Ke depannya kebijakan pemerintah mungkin akan semakin sulit. Tidak banyak yang bisa kulakukan. Ia memaksaku melanjutkan proposal skripski. Namun, aku juga berusaha menulis lepas dan membuka warung kecil. Tak seberapa memang dan kadang pun hasilnya nihil. Sebelum semesta mengalahkan usaha, setidaknya kami tetap kuat dan tetap menjalani hari-hari itu dengan keyakinan. Terdengar klise mungkin, tapi kenyataanya akan selalu begitu. Hidup akan seperti tikungan lurus. Kita akan melewati banyak sekali tikungan, dan dalam tikungan kita berharap isinya akan selalu lurus-lurus saja.
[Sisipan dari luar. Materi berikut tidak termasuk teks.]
//! The lines of a capability. Each function appends a part of a line, or whole lines, to a text.
ghost use Rattle.std.specs.Prelude.{◌≡◌, ◌++◌, ◌≤◌, IfOk, OnOk, length, string_bytes};
ghost use Rattle.std.specs.List.{flat_map, zip};
ghost use Rattle.log_text.specs.Outcomes.{outcome_text, wrench_text};
ghost use Rattle.log_text.specs.Texts.{group_name};
ghost use Rattle.plant_model.specs.declared.limits.TheConstants.{MOST_GROUPS};
ghost use Rattle.capability_report.specs.Texts.{at_group_line, at_intact_line, at_lines, head_line};
ghost use Rattle.capability_report.specs.Texts.{intact_line, limit_lines, loss_text, margin_lines};
ghost use Rattle.capability_report.specs.Texts.{margin_text, next_line, next_loss_text, reserve_line};
ghost use Rattle.capability_report.specs.Texts.{speed_text, step_text, wind_line, worst_line, worst_text};

use crate::margins::{Left, Margins, Worst, worst_from};
use capability::{Margin, Next, Step, WindLimit};
use certificate::Outcome;
use log_text::outcome_text;
use no_memory::NoMemory;
use plant_model::parts::Group;
use plant_model::plant::Plant;
use plant_model::status::Loss;
use plant_model::wrench::Wrench;
use std::alloc::{AllocError, Global};

fn push_margin(text: &mut String, margin: Margin) -> Result<(), AllocError>
    ensures { OnOk result (string_bytes text.new ≡ string_bytes text.old ++ margin_text margin) }
{
    match margin {
        Margin::Any => text.push_str("ANY"),
        Margin::Frozen => text.push_str("FROZEN"),
        Margin::Least(part) => {
            let (top, bottom) = (part.top, part.bottom);
            write!(text, "{top},{bottom}")
        }
    }
}

/// A demand along x, along y and in yaw.
fn push_demand(text: &mut String, demand: &Wrench) -> Result<(), AllocError>
    ensures { OnOk result (string_bytes text.new ≡ string_bytes text.old ++ wrench_text demand.now) }
{
    let Wrench { x, y, n } = demand;
    write!(text, "{x},{y},{n}")
}

fn push_head(text: &mut String, demand: &Wrench) -> Result<(), AllocError>
    ensures { OnOk result (string_bytes text.new ≡ string_bytes text.old ++ head_line demand.now) }
{
    text.push_str("CAPABILITY,")?;
    push_demand(text, demand)?;
    text.push_str("\n")
}

fn push_intact(text: &mut String, margin: Margin) -> Result<(), AllocError>
    ensures { OnOk result (string_bytes text.new ≡ string_bytes text.old ++ intact_line margin) }
{
    text.push_str("INTACT,")?;
    push_margin(text, margin)?;
    text.push_str("\n")
}

fn push_reserve(text: &mut String, group: &Group, left: &Left) -> Result<(), AllocError>
    ensures { OnOk result (string_bytes text.new
        ≡ string_bytes text.old ++ reserve_line (group.now, left.now)) }
{
    let name = &group.name;
    write!(text, "RESERVE,{name},")?;
    push_margin(text, left.margin)?;
    text.push_str("\n")
}

/// A line for the loss of each group.
fn push_reserves(text: &mut String, groups: &[Group], margins: &[Left]) -> Result<(), AllocError>
    ensures { OnOk result (string_bytes text.new
        ≡ string_bytes text.old ++ flat_map reserve_line (zip groups.now margins.now)) }
{
    for (group, left) in groups.iter().zip(margins) {
        push_reserve(text, group, left)?;
    }
    Ok(())
}

/// The name of the group at a place, where the plant has one.
fn push_group_name(text: &mut String, plant: &Plant, group: u32) -> Result<(), AllocError>
    ensures { OnOk result (string_bytes text.new
        ≡ string_bytes text.old ++ group_name plant.now group) }
{
    match plant.groups().as_slice().get(group as usize) {
        Some(group) => text.push_str(group.name.as_str()),
        None => Ok(()),
    }
}

fn push_worst_name(text: &mut String, plant: &Plant, worst: Option<Worst>) -> Result<(), AllocError>
    ensures { OnOk result (string_bytes text.new
        ≡ string_bytes text.old ++ worst_text plant.now worst) }
{
    match worst {
        Some(worst) => push_group_name(text, plant, worst.group),
        None => text.push_str("NONE"),
    }
}

fn push_worst(text: &mut String, plant: &Plant, margins: &[Left]) -> Result<(), AllocError>
    requires { length margins.now ≤ MOST_GROUPS }
    ensures { OnOk result (string_bytes text.new
        ≡ string_bytes text.old ++ worst_line plant.now margins.now) }
{
    text.push_str("WORST,")?;
    push_worst_name(text, plant, worst_from(0, margins))?;
    text.push_str("\n")
}

/// The demand, in kN and kN·dm, what is left of it with nothing lost and after the loss of each group by the group's
/// name, and the group whose loss leaves the least.
pub(crate) fn margin_lines(
    alloc: Global,
    plant: &Plant,
    demand: Wrench,
    margins: &Margins,
) -> Result<String, NoMemory>
    ensures { IfOk result
        (λ text. string_bytes text ≡ margin_lines plant.now demand margins.now) }
{
    let mut text = String::new(alloc);
    push_head(&mut text, &demand)?;
    push_intact(&mut text, margins.intact)?;
    let groups = margins.groups.as_slice();
    push_reserves(&mut text, plant.groups().as_slice(), groups)?;
    push_worst(&mut text, plant, groups)?;
    Ok(text)
}

fn push_loss(text: &mut String, plant: &Plant, loss: Loss) -> Result<(), AllocError>
    ensures { OnOk result (string_bytes text.new
        ≡ string_bytes text.old ++ loss_text plant.now loss) }
{
    match loss {
        Loss::Intact => text.push_str("INTACT"),
        Loss::Group(group) => {
            text.push_str("GROUP,")?;
            push_group_name(text, plant, group)
        }
    }
}

fn push_speed(text: &mut String, speed: Option<u32>) -> Result<(), AllocError>
    ensures { OnOk result (string_bytes text.new ≡ string_bytes text.old ++ speed_text speed) }
{
    match speed {
        Some(speed) => write!(text, "{speed}"),
        None => text.push_str("NONE"),
    }
}

fn push_next_loss(text: &mut String, plant: &Plant, next: &Option<Next>) -> Result<(), AllocError>
    ensures { OnOk result (string_bytes text.new
        ≡ string_bytes text.old ++ next_loss_text plant.now next.now) }
{
    match next {
        Some(next) => push_loss(text, plant, next.loss),
        None => text.push_str("NONE"),
    }
}

/// The angle, in centidegrees, the greatest speed that is held, in dm/s, and the loss that ends it.
fn push_wind(
    text: &mut String,
    plant: &Plant,
    angle: u32,
    limit: &WindLimit,
) -> Result<(), AllocError>
    ensures { OnOk result (string_bytes text.new
        ≡ string_bytes text.old ++ wind_line plant.now angle limit.now) }
{
    write!(text, "WIND,{angle},")?;
    push_speed(text, limit.speed)?;
    text.push_str(",")?;
    push_next_loss(text, plant, &limit.next)?;
    text.push_str("\n")
}

fn push_outcome(
    alloc: Global,
    text: &mut String,
    plant: &Plant,
    outcome: &Outcome,
) -> Result<(), NoMemory>
    ensures { OnOk result (string_bytes text.new
        ≡ string_bytes text.old ++ outcome_text outcome.now) }
{
    let outcome = outcome_text(alloc, plant, outcome)?;
    text.push_str(outcome.as_str())?;
    Ok(())
}

fn push_at_intact(
    alloc: Global,
    text: &mut String,
    plant: &Plant,
    outcome: &Outcome,
) -> Result<(), NoMemory>
    ensures { OnOk result (string_bytes text.new
        ≡ string_bytes text.old ++ at_intact_line outcome.now) }
{
    text.push_str("AT,INTACT,")?;
    push_outcome(alloc, text, plant, outcome)?;
    text.push_str("\n")?;
    Ok(())
}

fn push_at_group(
    alloc: Global,
    text: &mut String,
    plant: &Plant,
    group: &Group,
    outcome: &Outcome,
) -> Result<(), NoMemory>
    ensures { OnOk result (string_bytes text.new
        ≡ string_bytes text.old ++ at_group_line (group.now, outcome.now)) }
{
    let name = &group.name;
    write!(text, "AT,GROUP,{name},")?;
    push_outcome(alloc, text, plant, outcome)?;
    text.push_str("\n")?;
    Ok(())
}

/// A line for the loss of each group.
fn push_at_groups(
    alloc: Global,
    text: &mut String,
    plant: &Plant,
    groups: &[Group],
    outcomes: &[Outcome],
) -> Result<(), NoMemory>
    ensures { OnOk result (string_bytes text.new
        ≡ string_bytes text.old ++ flat_map at_group_line (zip groups.now outcomes.now)) }
{
    for (group, outcome) in groups.iter().zip(outcomes) {
        push_at_group(alloc, text, plant, group, outcome)?;
    }
    Ok(())
}

/// What shows that the speed is held: with nothing lost, and after the loss of each group.
fn push_at(
    alloc: Global,
    text: &mut String,
    plant: &Plant,
    outcomes: &[Outcome],
) -> Result<(), NoMemory>
    ensures { OnOk result (string_bytes text.new
        ≡ string_bytes text.old ++ at_lines plant.now outcomes.now) }
{
    match outcomes.split_first() {
        Some((intact, groups)) => {
            push_at_intact(alloc, text, plant, intact)?;
            push_at_groups(alloc, text, plant, plant.groups().as_slice(), groups)
        }
        None => Ok(()),
    }
}

fn push_step(alloc: Global, text: &mut String, plant: &Plant, step: &Step) -> Result<(), NoMemory>
    ensures { OnOk result (string_bytes text.new
        ≡ string_bytes text.old ++ step_text step.now) }
{
    match step {
        Step::Beyond => {
            text.push_str("BEYOND")?;
            Ok(())
        }
        Step::Lost(outcome) => push_outcome(alloc, text, plant, outcome),
    }
}

/// What isn't withstood at the next speed.
fn push_next(
    alloc: Global,
    text: &mut String,
    plant: &Plant,
    next: &Option<Next>,
) -> Result<(), NoMemory>
    ensures { OnOk result (string_bytes text.new
        ≡ string_bytes text.old ++ next_line plant.now next.now) }
{
    let Some(next) = next else {
        return Ok(());
    };
    text.push_str("NEXT,")?;
    push_loss(text, plant, next.loss)?;
    text.push_str(",")?;
    push_step(alloc, text, plant, &next.step)?;
    text.push_str("\n")?;
    Ok(())
}

/// How much wind from the angle, in centidegrees, the plant holds, what shows it, and what it doesn't withstand.
pub(crate) fn limit_lines(
    alloc: Global,
    plant: &Plant,
    angle: u32,
    limit: &WindLimit,
) -> Result<String, NoMemory>
    ensures { IfOk result (λ text. string_bytes text ≡ limit_lines plant.now angle limit.now) }
{
    let mut text = String::new(alloc);
    push_wind(&mut text, plant, angle, limit)?;
    push_at(alloc, &mut text, plant, limit.at.as_slice())?;
    push_next(alloc, &mut text, plant, &limit.next)?;
    Ok(text)
}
Namun, tidak akan selalu begitu. Sekali lagi itu tergantung bagaimana kita menghadapi tikungan tersebut. Karena perihal melewati hari menuju besok itu pun ditakar dengan seberapa bersyukur kita kepada Pencipta. (Esra Ambarta)***

Tulisan ini merupakan salah satu pemenang dalam kompetisi menulis Writing for Goodness yang diselenggarakan Bitread.